Prepaid plans, which are not as common, effectively allow you to purchase tuition credits at today’s rates. Savings plan investment sare based on market performance of your chosen stocks and bonds. Even for investment beginners, 529 plans are easy to choose from and understand. For more information on 529 plans, click here. There are, of course, other options to consider as well.
Options Abound
The primary, and often most attractive, difference between a Coverdell ESA (formerly called an Education IRA and recognized as a custodial/trust account) and a 529 plan is that the Coverdell ESA can be used to cover the tuition and education-related costs at primary and secondary schools. 529 plans are strictly for use at postsecondary and graduate schools.

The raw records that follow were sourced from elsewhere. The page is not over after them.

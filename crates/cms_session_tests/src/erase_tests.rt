// Sessions that erase files of disk A, as transcripts, and what they leave at each moment.
use crate::session::ended;
use crate::transcript::{check_sessions, passed};
use crate::trial::{Trial, check_trials};
use crate::volumes::world_at;
use cms_cases::Report;
use cms_images::hello::{NEW_DIRECTORY, NEW_LABEL, NEW_MAP, hello};
use cms_images::{Edit, image_left, put_edits};
use std::alloc::Global;
use std::process::Abort;
use std::test::Fail;

// Files that are erased, and files that are kept. Of the long directory one block is left, and one of the map. An update of the wide volume
// has just the blocks that it needs.
const SESSIONS: &str = "# hello: 191,512,rw,A
> ERASE HELLO TEXT A
R;
! Done arrrinwwswsoi
# hello, hidden: 191,512,rw,A
> ERASE HELLO TEXT A
R;
! Done arrrinwwswsoi
# hello, TYPE EXEC: 191,512,rw,A
> ERASE TYPE EXEC A
R;
! Done arrrinwwswsoi
# hello: 191,512,rw,A
> ERASE HELLO TEXT A
R;
> TYPE HELLO TEXT A
CMS002E File HELLO TEXT A not found
R(00028);
! Done arrrinwwswsonooi
# hello: 191,512,rw,A
> ERASE HELLO TEXT A
R;
> ERASE HELLO TEXT A
CMS002E File HELLO TEXT A not found
R(00028);
! Done arrrinwwswsonooi
# hello, all marked: 191,512,rw,A
> ERASE HELLO TEXT A
CMS107E Disk A is full, 1 blocks needed, 0 free
R(00100);
! Done arrrinooi
# hello: 191,512,ro,A
> ERASE HELLO TEXT A
CMS037E Disk A is read-only
R(00036);
! Done arrrinooi
# hello: 191,512,ro,A
> ERASE NO TEXT A
CMS037E Disk A is read-only
R(00036);
! Done arrrinooi
# hello: 191,512,rw,A
> ERASE NO TEXT A
CMS002E File NO TEXT A not found
R(00028);
! Done arrrinooi
# hello, no label: 191,512,ro,A
> ERASE HELLO TEXT A
CMS069E Disk A is not accessed
R(00036);
! Done arinooi
# hello: 192,512,rw,A
> ERASE HELLO TEXT A
CMS069E Disk A is not accessed
R(00036);
! Done ainooi
# hello, ERASE EXEC: 191,512,rw,A
> ERASE ERASE EXEC A
CMS086E Procedure ERASE is not run, reason 1
R(10101);
! Done arrrinrooi
# long directory: 191,512,rw,A
> ERASE A FILE A
R;
> TYPE A FILE A
CMS002E File A FILE A not found
R(00028);
> TYPE G FILE A
HELLO
R;
! Done arrrrrrrrrrrrinwwswsonoonrooi
# wide, four free: 191,512,rw,A
> ERASE FILE0020 TEXT A
CMS107E Disk A is full, 5 blocks needed, 4 free
R(00100);
# wide, five free: 191,512,rw,A
> ERASE FILE0020 TEXT A
R;
";

#[test]
fn files_are_erased_and_kept(rt: HostRuntime) -> Result<(), Fail> {
    check_sessions(&rt, rt.alloc(), &[SESSIONS])
}

// 1 July 2026 at noon, in seconds after 1970.
const NOON: i64 = 1_782_907_200;

// What a crash after so many events of a session leaves, or its end, where all that was written is.
fn left<R: Abort>(
    rt: &R,
    alloc: Global,
    words: &str,
    images: &str,
    script: &str,
    start: i64,
    at: usize,
) -> Vec<u8> {
    let mut world = world_at(rt, alloc, images, script, start);
    ended(rt, alloc, words, &mut world);
    let left = image_left(alloc, &world, at.min(world.events()), u64::MAX);
    drop(world);
    left.expect(rt, "memory")
}

// What is written up to moments of an erasure. The events are the line, the turn, two writes, a sync, the label, a sync, the ready line and
// the script's end.
const MOMENTS: [(usize, &[Edit]); 6] = [
    (2, &[]),
    (3, NEW_MAP),
    (4, NEW_DIRECTORY),
    (5, &[]),
    (6, NEW_LABEL),
    (9, &[]),
];

// Adds the first moment that leaves another image; nothing where there is none.
fn push_other_image<R: Abort>(into: &mut Report, rt: &R, alloc: Global) {
    let mut wanted = hello(alloc, &[]).expect(rt, "memory");
    for (at, edits) in MOMENTS {
        put_edits(wanted.as_mut_slice(), edits);
        let (words, script) = ("191,512,rw,A", "ERASE HELLO TEXT A\n");
        if left(rt, alloc, words, "hello", script, NOON, at) != wanted {
            return write!(into, "event {at}");
        }
    }
}

// The first erasure writes the directory to block 5, the second to block 4; each has the second of its turn and its century in
// the entries of the directory and of the map, in the hour of the zone.
const STAMPS: &[(&str, &[Edit])] = &[
    (
        "191,512,rw,A",
        &[
            (5, 31, &[0x08]),
            (5, 95, &[0x08]),
            (4, 31, &[0x08]),
            (4, 95, &[0x08]),
            (5, 54, &[0x26, 0x07, 0x01, 0x12, 0x34, 0x56]),
            (5, 118, &[0x26, 0x07, 0x01, 0x12, 0x34, 0x56]),
            (4, 54, &[0x26, 0x07, 0x01, 0x12, 0x34, 0x58]),
            (4, 118, &[0x26, 0x07, 0x01, 0x12, 0x34, 0x58]),
        ],
    ),
    (
        "-z W0100 191,512,rw,A",
        &[
            (5, 31, &[0x08]),
            (5, 95, &[0x08]),
            (4, 31, &[0x08]),
            (4, 95, &[0x08]),
            (5, 54, &[0x26, 0x07, 0x01, 0x11, 0x34, 0x56]),
            (5, 118, &[0x26, 0x07, 0x01, 0x11, 0x34, 0x56]),
            (4, 54, &[0x26, 0x07, 0x01, 0x11, 0x34, 0x58]),
            (4, 118, &[0x26, 0x07, 0x01, 0x11, 0x34, 0x58]),
        ],
    ),
];

const STAMPED: &str = "ERASE HELLO TEXT A\nTYPE HELL TEXT A\nERASE HELLO LIST A\n";

// Adds the words of the first session that leaves other stamps; nothing where there is none.
fn push_other_stamps<R: Abort>(into: &mut Report, rt: &R, alloc: Global) {
    for (words, stamps) in STAMPS {
        let start = NOON + 34 * 60 + 56;
        let found = left(rt, alloc, words, "three hellos", STAMPED, start, usize::MAX);
        let mut wanted = found.to_vec(alloc).expect(rt, "memory");
        put_edits(wanted.as_mut_slice(), stamps);
        if found != wanted {
            return into.push_str(words);
        }
    }
}

#[test]
fn updates_are_stamped_and_written_in_order(rt: HostRuntime) -> Result<(), Fail> {
    let mut differing = Report::new(rt.alloc());
    push_other_image(&mut differing, &rt, rt.alloc());
    push_other_stamps(&mut differing, &rt, rt.alloc());
    passed(differing.text())
}

// Two of three files are erased.
const TWICE: Trial = Trial {
    images: "three hellos",
    words: "191,512,rw,A",
    transcript: "> ERASE HELLO TEXT A
R;
> TYPE HELL TEXT A
C
R;
> ERASE HELLO LIST A
R;
",
    // the attaching, the opening, the script and the turn; the map, the directory and the label; the file's block; the second update
    calls: b"arrrinwwswsonroonwwswsoi",
    look: [
        "191,512,ro,A",
        "TYPE HELLO TEXT A\nTYPE HELLO LIST A\nTYPE HELL TEXT A\n",
    ],
    states: "# three
HELLO
WORLD
R;
B
R;
C
R;
# without-text
CMS002E File HELLO TEXT A not found
R(00028);
B
R;
C
R;
# without-list
HELLO
WORLD
R;
CMS002E File HELLO LIST A not found
R(00028);
C
R;
# one
CMS002E File HELLO TEXT A not found
R(00028);
CMS002E File HELLO LIST A not found
R(00028);
C
R;
",
    // the labels are written in events 6 and 16
    moments: "# 0 5 three three three three
# 6 6 three without-text three without-text
# 7 15 without-text without-text without-text without-text
# 16 16 without-text one without-text one
# 17 19 one one one one
",
    // a failing update leaves the file before its label is written (10 and 21), and its unit in doubt from there on
    faults: "# 1 1 three three
# 2 4 three three
CMS069E Disk A is not accessed
R(00036);
CMS069E Disk A is not accessed
R(00036);
CMS069E Disk A is not accessed
R(00036);
# 5 6 three three
# 7 9 without-list without-list
CMS105E Device fault on 191
R(00100);
C
R;
R;
# 10 10 three three dropped
CMS105E Device fault on 191
R(00100);
CMS069E Disk A is not accessed
R(00036);
CMS069E Disk A is not accessed
R(00036);
# 10 11 three without-text
CMS105E Device fault on 191
R(00100);
CMS069E Disk A is not accessed
R(00036);
CMS069E Disk A is not accessed
R(00036);
# 12 13 without-text without-text
# 14 14 one one
R;
CMS105E Device fault on 191
R(00100);
R;
# 15 17 without-text without-text
# 18 20 without-text without-text
R;
C
R;
CMS105E Device fault on 191
R(00100);
# 21 21 without-text without-text dropped
R;
C
R;
CMS105E Device fault on 191
R(00100);
# 21 22 without-text one
R;
C
R;
CMS105E Device fault on 191
R(00100);
# 23 24 one one
",
};

// Two of the twenty files of a volume whose directory and map have several blocks are erased.
const WIDE: Trial = Trial {
    images: "wide",
    words: "191,512,rw,A",
    transcript: "> ERASE FILE0001 TEXT A
R;
> TYPE FILE0001 TEXT A
CMS002E File FILE0001 TEXT A not found
R(00028);
> TYPE FILE0020 TEXT A
0020
R;
> ERASE FILE0009 TEXT A
R;
> TYPE FILE0019 TEXT A
0019
R;
",
    // the opening reads the label, three blocks of the directory, two of the map, and a pointer block of each. The first update writes the
    // directory's first and last data block, its pointer block, and the map's first data block and pointer block; the second all of the
    // directory
    calls: b"arrrrrrrrinwwwwwswsonoonroonwwwwwwswsonrooi",
    look: [
        "191,512,ro,A",
        "TYPE FILE0001 TEXT A\nTYPE FILE0009 TEXT A\nTYPE FILE0018 TEXT A\n",
    ],
    states: "# all
0001
R;
0009
R;
0018
R;
# without-first
CMS002E File FILE0001 TEXT A not found
R(00028);
0009
R;
0018
R;
# without-both
CMS002E File FILE0001 TEXT A not found
R(00028);
CMS002E File FILE0009 TEXT A not found
R(00028);
0018
R;
",
    // the events are the script, a turn, five blocks (7), a sync, the label, a sync, the ready line; a turn and two lines; a turn, a
    // record and the ready line; a turn, six blocks (24), a sync, the label, a sync, the ready line; a turn, a record, the ready line and
    // the script's end (32)
    moments: "# 7 7 all all all all
# 9 9 all without-first all without-first
# 24 24 without-first without-first without-first without-first
# 26 26 without-first without-both without-first without-both
# 0 32 - - - -
",
    faults: "# 1 43 - -
",
};

#[test]
fn a_crash_leaves_the_old_or_the_new(rt: HostRuntime) -> Result<(), Fail> {
    check_trials(&rt, rt.alloc(), &[TWICE, WIDE])
}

The limit of contribution is $2,000/per year and the money you put into a Coverdell ESA must be spent by your child’s 30th birthday. If the funds aren’t used, they can be rolled over to another member of the family (who is under the age of 30). Another less attractive option is withdrawing the money, which is then subject to a 10 percent penalty and income taxes.
An alternative custodial trust you may consider is an UGMA (Uniform Gift to Minors Act) or an UTMA (Uniform Transfer to Minors Act) account. These accounts give parents control of contributions and withdrawals until the child reaches what’s called “the age of majority,” which is typically 18 or 21.
For more long-term planning, some families utilize Roth IRAs as a means to save for college. These contributions can be used for college expenses and any remaining funds can be saved for retirement. Roth IRAs differ from traditional IRAs in that contributions are post-tax.
For grandparents who want to help contribute to a child’s college education, the Roth IRA option is ideal, since account holders over age 59½ can withdraw their earnings and principal tax and penalty free. There are limitations for parents, however, and you should speak to a financial advisor about contribution limits and phase-out amounts, which vary depending on income and whether or not one or both parents are covered by a retirement plan at work.
Planning Ahead (For Everyone)
Any amount you can save to help out your student will help, but most financial experts would advise parents to consider their own retirement accounts first. As we’ve said before and it’s worth restating, there is no loan for retirement, which is why putting parents’ retirement (especially those amid their biggest earning years) smack dab in the middle of college savings advice is important! Why? Students have more options for borrowing money than do struggling retirees.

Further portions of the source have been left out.